In principle, Goldman endorses many of the ingredients that are central to paleo eating—including fruits, vegetables, wild grains and fish, with lean meats and non-processed carbohydrates eaten sparingly. And there’s certainly no harm in cutting out refined sugar and sodium.
But he’s not convinced that all patients who claim to eat paleo are moderating their intake of fatty foods that, while on the diet’s “approved” list, are considered bad for heart health when consumed in large quantities.
“Let’s take a giant step backwards,” Goldman says. “What’s reasonable and makes genetic and physiological sense? It’s very basic: Everything in moderation.”
Anne Mauney, a registered dietitian in Arlington and author of the blog fANNEtasticfood.com, is similarly skeptical, though her concern isn’t what the paleo diet allows, so much as what it leaves out. Dairy products, whole grains and legumes (all of which the diet prohibits) can be important sources of protein and dietary fiber.
“Any diet when you’re taking out entire food groups works well in the short term,” Mauney says, “but a more balanced approach is better for sustained, long-term healthfulness. People think paleo will solve all their problems in a day. The question is whether they can sustain the diet or will they yo-yo? Following fad diets leads to falling off the wagon.”
Other experts question the diet’s fundamental premise, arguing that the eating habits of our ancestors are virtually impossible to replicate (even grass-fed beef is domesticated, and the vast majority of the fruits and vegetables we consume are farmed, not wild).

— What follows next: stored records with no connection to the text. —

//! The data that load commands name.

ghost use Rattle.macho_rows.specs.Linkedit.{HasData};
ghost use Rattle.macho_rows.specs.Image.{image_in};
ghost use Rattle.macho_rows.specs.Rows.{IsOfImage};
ghost use Rattle.macho_rows.specs.Spans.{span_at};
ghost use Rattle.macho_c.specs.Status.{Answers, Tells};

use crate::status::answer;
use macho_rows::image::KesvuotImage;
use macho_rows::linkedit::data_of;
use macho_rows::span::{KesvuotSpan, NO_SPAN};

/// Writes where the data lies in the file that the first `linkedit_data_command` with this `cmd` names.
/// The status is `OK`, or `NONE` if the image has none.
#[unsafe(no_mangle)]
pub extern "C" fn kesvuot_find_data(
    file: &[u8],
    image: &KesvuotImage,
    cmd: u32,
    span: &mut KesvuotSpan,
) -> u32
    ensures { Tells (IsOfImage (image_in file.now image.now)
        (HasData (image_in file.now image.now) image.now.slice.offset cmd)) (Answers (span_at 0 0) result span.new) }
{
    answer(data_of(&image.held(file), cmd), NO_SPAN, span)
}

“Even if you wanted to try to eat what people were eating a long time ago, the majority of those foods are simply not available,” evolutionary biologist Marlene Zuk noted in a recent interview with Nutrition Action Healthletter, a publication of the Center for Science in the Public Interest. “Early humans were not eating plants or animals that resembled very closely the plants and animals that we eat today.”
A professor at the University of Minnesota, Zuk is author of Paleofantasy: What Evolution Really Tells Us About Sex, Diet and How We Live.
“I’m not arguing with people who say, ‘I started eating this way and I feel great!’” Zuk continued. “But it’s also perfectly possible that people who eat in a variety of other ways, as long as they’re not subsisting on Coke and Cheetos, would be healthy as well.”
It’s hard to get a sense of just how many people adhere to the paleo diet—given that the community is diffuse and isn’t presided over by any governing body—although Cordain’s first book has sold well over 100,000 copies to date, and his cookbook quickly hit the New York Times best-seller list when it was published in 2010.
The primal diet certainly has its share of fans in Arlington, some of whom I find gathered one evening at Potomac CrossFit. They are there to taste-test a selection of new menu offerings from Power Supply, a local meal-delivery service specializing in paleo cuisine.
Launched in 2010 by co-founders Patrick Smith and Robert Morton, the company distributes roughly 3,500 premade lunches and dinners per week—each costing $11 to $15 or more— to a number of drop-off points in the area.
“We help our customers sustain their own cooking,” says Smith. “Our meals are a break from that routine and they’re a replacement for ordering in or dining out instead.”